Data listing >>

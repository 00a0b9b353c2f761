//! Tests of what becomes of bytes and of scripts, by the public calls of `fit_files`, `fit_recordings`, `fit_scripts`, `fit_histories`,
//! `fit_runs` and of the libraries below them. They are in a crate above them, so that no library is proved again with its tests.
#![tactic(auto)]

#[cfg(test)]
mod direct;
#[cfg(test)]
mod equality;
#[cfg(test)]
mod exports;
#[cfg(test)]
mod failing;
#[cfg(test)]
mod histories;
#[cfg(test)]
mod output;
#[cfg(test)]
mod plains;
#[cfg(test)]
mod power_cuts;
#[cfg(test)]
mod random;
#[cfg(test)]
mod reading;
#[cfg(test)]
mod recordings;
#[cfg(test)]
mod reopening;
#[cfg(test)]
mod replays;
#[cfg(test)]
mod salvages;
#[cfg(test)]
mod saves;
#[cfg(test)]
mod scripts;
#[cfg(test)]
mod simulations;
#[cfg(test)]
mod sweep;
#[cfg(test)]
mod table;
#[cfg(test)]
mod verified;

Task description >>
From the records above, show each line that contains the word "scripts".

Reply to the exercise >>
//! Tests of what becomes of bytes and of scripts, by the public calls of `fit_files`, `fit_recordings`, `fit_scripts`, `fit_histories`,
mod scripts;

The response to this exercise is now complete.